→ **Problem to solve**
What you produce should be every line from the data that includes "type".

..............................

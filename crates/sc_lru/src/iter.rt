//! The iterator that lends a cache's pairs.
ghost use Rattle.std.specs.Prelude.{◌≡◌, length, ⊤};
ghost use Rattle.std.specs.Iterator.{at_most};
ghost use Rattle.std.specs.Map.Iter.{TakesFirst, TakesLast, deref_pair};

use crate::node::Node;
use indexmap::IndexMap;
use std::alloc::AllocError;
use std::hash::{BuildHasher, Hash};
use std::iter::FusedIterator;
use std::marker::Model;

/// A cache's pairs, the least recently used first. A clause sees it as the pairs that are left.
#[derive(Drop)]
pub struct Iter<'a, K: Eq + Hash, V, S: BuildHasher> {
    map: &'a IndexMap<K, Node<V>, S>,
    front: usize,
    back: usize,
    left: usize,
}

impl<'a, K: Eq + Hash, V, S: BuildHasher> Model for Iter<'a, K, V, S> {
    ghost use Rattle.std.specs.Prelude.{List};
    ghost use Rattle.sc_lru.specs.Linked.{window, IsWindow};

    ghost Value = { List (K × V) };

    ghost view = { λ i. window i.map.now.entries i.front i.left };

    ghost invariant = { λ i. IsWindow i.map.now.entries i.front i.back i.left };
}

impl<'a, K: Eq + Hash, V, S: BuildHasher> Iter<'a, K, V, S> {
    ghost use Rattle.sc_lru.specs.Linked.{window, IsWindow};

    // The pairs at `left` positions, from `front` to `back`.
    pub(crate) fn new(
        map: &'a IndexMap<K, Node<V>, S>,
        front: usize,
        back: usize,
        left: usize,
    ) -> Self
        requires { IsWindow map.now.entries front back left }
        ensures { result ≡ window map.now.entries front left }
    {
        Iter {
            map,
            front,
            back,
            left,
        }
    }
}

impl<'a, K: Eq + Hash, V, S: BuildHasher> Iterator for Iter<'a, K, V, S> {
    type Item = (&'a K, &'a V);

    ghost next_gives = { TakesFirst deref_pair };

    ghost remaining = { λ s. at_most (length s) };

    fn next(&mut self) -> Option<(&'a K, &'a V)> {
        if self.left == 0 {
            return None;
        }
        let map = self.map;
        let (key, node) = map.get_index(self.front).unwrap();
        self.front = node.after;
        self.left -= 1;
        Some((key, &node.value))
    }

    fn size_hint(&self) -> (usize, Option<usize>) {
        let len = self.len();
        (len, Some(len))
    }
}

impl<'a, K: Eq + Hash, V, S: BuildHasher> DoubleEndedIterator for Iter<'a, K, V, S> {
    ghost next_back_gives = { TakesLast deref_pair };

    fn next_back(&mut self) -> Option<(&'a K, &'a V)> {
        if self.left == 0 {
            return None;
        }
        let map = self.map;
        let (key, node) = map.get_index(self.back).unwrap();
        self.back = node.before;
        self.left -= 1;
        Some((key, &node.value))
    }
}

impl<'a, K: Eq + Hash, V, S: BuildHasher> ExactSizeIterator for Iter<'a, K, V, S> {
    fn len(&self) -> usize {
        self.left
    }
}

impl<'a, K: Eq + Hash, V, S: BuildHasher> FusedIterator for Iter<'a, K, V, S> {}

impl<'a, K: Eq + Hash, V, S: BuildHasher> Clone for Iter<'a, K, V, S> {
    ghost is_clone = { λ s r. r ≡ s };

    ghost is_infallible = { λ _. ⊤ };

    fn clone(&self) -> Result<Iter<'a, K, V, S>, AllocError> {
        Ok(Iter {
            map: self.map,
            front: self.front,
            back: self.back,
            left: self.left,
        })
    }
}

..............................

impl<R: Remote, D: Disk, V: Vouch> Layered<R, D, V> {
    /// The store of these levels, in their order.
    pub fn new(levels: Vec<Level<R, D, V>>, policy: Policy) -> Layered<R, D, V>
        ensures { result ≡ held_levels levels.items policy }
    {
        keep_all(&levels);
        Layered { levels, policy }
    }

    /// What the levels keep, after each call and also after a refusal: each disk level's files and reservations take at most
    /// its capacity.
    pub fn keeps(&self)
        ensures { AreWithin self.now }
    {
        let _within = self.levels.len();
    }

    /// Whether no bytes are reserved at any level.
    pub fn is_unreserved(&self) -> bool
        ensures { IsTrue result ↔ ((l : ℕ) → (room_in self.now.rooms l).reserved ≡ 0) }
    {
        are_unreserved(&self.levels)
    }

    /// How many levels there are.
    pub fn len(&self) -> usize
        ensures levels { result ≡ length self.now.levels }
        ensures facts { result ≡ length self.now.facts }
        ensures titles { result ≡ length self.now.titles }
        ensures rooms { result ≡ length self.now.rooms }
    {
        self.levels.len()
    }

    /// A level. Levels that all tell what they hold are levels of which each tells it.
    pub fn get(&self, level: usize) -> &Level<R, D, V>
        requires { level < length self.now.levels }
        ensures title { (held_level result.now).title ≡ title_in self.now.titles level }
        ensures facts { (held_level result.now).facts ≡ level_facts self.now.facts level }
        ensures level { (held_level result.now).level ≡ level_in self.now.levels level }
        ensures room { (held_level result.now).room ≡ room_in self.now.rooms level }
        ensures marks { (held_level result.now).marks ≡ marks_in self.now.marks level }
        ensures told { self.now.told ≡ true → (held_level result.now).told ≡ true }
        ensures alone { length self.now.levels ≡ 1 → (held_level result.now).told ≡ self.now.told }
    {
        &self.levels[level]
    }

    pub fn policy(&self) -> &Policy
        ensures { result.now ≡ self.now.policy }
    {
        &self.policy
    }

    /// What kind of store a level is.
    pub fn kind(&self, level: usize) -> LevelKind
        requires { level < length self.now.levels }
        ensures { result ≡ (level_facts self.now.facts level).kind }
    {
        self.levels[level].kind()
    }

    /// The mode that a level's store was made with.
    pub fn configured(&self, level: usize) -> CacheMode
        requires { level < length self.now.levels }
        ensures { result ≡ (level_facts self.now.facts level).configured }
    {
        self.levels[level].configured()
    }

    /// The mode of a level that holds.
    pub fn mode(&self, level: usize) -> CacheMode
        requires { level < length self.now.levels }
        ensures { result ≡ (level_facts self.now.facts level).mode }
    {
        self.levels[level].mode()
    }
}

..............................

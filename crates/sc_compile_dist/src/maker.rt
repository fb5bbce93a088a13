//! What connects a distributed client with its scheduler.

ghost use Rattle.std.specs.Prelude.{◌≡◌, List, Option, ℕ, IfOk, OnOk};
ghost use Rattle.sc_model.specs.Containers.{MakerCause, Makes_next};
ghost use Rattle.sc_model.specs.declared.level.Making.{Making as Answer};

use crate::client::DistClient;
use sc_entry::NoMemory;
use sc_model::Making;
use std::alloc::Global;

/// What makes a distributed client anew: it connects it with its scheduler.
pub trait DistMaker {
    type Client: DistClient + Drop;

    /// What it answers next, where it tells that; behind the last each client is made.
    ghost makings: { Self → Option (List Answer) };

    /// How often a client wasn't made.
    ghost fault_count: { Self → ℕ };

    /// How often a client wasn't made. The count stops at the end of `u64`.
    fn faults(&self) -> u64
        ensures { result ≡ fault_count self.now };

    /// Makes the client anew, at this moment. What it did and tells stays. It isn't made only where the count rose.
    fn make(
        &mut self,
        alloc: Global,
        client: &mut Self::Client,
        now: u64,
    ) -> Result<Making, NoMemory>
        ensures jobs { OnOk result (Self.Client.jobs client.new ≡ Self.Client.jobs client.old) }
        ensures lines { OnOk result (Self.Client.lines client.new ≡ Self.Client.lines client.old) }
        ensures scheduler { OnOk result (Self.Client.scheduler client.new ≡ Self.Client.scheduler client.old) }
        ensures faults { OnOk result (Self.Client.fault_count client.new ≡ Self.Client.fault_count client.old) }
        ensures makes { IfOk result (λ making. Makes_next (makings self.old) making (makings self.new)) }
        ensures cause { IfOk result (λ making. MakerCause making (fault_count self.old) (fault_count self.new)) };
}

..............................

→ **Exercise answer**
    type Item = (&'a K, &'a V);
    type Client: DistClient + Drop;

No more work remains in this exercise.